Yes, it does. When the client can't reach the server for maxInterval milliseconds, the server will throw away all state associated with that client.
2.1) What's the maximal maxInterval? Which consequences does it have to set it to a high value?
maxInterval is a servlet parameter of the Cometd servlet. It is internally treated as a long value, so the maximal value for it is Long.MAX_VALUE.
Example configuration:
<init-param>
<!-- The max period of time, in milliseconds, that the server will wait for
a new long poll from a client before that client is considered invalid
and is removed -->
<param-name>maxInterval</param-name>
<param-value>10000</param-value>
</init-param>
Setting it to a high value means that the server will wait longer before throwing away the state associated with a client (from the time the client stops contacting the server).

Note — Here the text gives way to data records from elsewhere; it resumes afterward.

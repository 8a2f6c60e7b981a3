// Whether two entries are the same.
ghost use Rattle.std.specs.Prelude.{◌≡◌};
ghost use Rattle.run_theory.specs.Same.{same_object as same_object_of, same_entry as same_entry_of, operation_index as operation_index_of};

use sync_objects::{Entry, ObjId, OpName};

fn operation_index(op: OpName) -> u8
    ensures { result ≡ operation_index_of op }
{
    match op {
        OpName::Lock => 0,
        OpName::TryLock => 1,
        OpName::Unlock => 2,
        OpName::MutexInit => 3,
        OpName::CondEnter => 4,
        OpName::CondWake => 5,
        OpName::Signal => 6,
        OpName::BarrierInit => 7,
        OpName::Arrive => 8,
        OpName::Pass => 9,
        OpName::Take => 10,
        OpName::Retake => 11,
        OpName::Give => 12,
        OpName::Revoke => 13,
        OpName::Draw => 14,
        OpName::Start => 15,
        OpName::Begin => 16,
        OpName::End => 17,
        OpName::Join => 18,
        OpName::Close => 19,
        OpName::Leave => 20,
        OpName::HaltAll => 21,
        OpName::TrapHere => 22,
        OpName::Stop => 23,
        OpName::GetChar => 24,
        OpName::Print => 25,
        OpName::RdLock => 26,
        OpName::WrLock => 27,
        OpName::RwUnlock => 28,
        OpName::RwInit => 29,
    }
}

/// Whether the two are one object.
pub fn same_object(a: ObjId, b: ObjId) -> bool
    ensures { result ≡ same_object_of a b }
{
    match (a, b) {
        (ObjId::Mutex(c), ObjId::Mutex(d)) => c == d,
        (ObjId::Cond(c), ObjId::Cond(d)) => c == d,
        (ObjId::Barrier(c), ObjId::Barrier(d)) => c == d,
        (ObjId::Rw(c), ObjId::Rw(d)) => c == d,
        (ObjId::Weak { lock: l, stripe: s }, ObjId::Weak { lock: m, stripe: r }) => l == m
            && s == r,
        (ObjId::Slot(k), ObjId::Slot(n)) => k == n,
        (ObjId::Threads, ObjId::Threads) => true,
        (ObjId::Halt, ObjId::Halt) => true,
        (ObjId::Input, ObjId::Input) => true,
        (ObjId::Output, ObjId::Output) => true,
        _ => false,
    }
}

pub(crate) fn same_entry(a: Entry, b: Entry) -> bool
    ensures { result ≡ same_entry_of a b }
{
    a.thread == b.thread
        && a.count == b.count
        && operation_index(a.op) == operation_index(b.op)
        && same_object(a.obj, b.obj)
}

I see two problems with this. First, the memory requirements of the server will potentially be higher (which may also make denial of service easier). Second, the RemoveListener isn't called on the Server before the maxInterval expires, which may require you to implement additional logic that differentiates between "momentarily unreachable" and "disconnected".
2.2) We'd need a secure mechanism for fail outs of at least a few minutes. Is this possible? Are there any alternatives?
Yes, it is possible to configure the maxInterval to last for a few minutes.
An alternative would be to restore any server side state on every handshake. This can be achieved by adding a listener to "/meta/handshake" and publishing a message to a "/service/" channel (to make sure only the server receives the message), or by adding an additional property to the "ext" property of the handshake message. Be careful to let the client restore only valid state (sign it on the server if you must).
3) Is it really only necessary to add the two extensions in both the client and cometD server?
On the server it is sufficient to do something like:
bayeux.addExtension(new AcknowledgedMessagesExtension());
I don't know how you'd do it on Oyatel. In Javascript it suffices to simply include the extension (dojo.require or script include for jQuery).
When a client with the AckExtension connects to the server, a message similar to the following will be logged (from my Jetty console log):
[qtp959713667-32] INFO org.cometd.server.ext.AcknowledgedMessagesExtension - Enabled message acknowledgement for client 51vkuhps5qgsuaxhehzfg6yw92
Another note because it may not be obvious: the ack extension will only provide server to client delivery guarantee, not client to server. That is, when you publish a message from the client to the server, it may not reach the server and will be lost.
Once the message has made it to the server, the ack extension will ensure that all recipients connected at that time will receive the message (as long as they aren't unreachable for maxInterval milliseconds).
It is relatively straightforward to implement client-side retrying if you listen to notifications on "/meta/unsuccessful" and resend the message (the original message that failed is passed as message.request to the handler).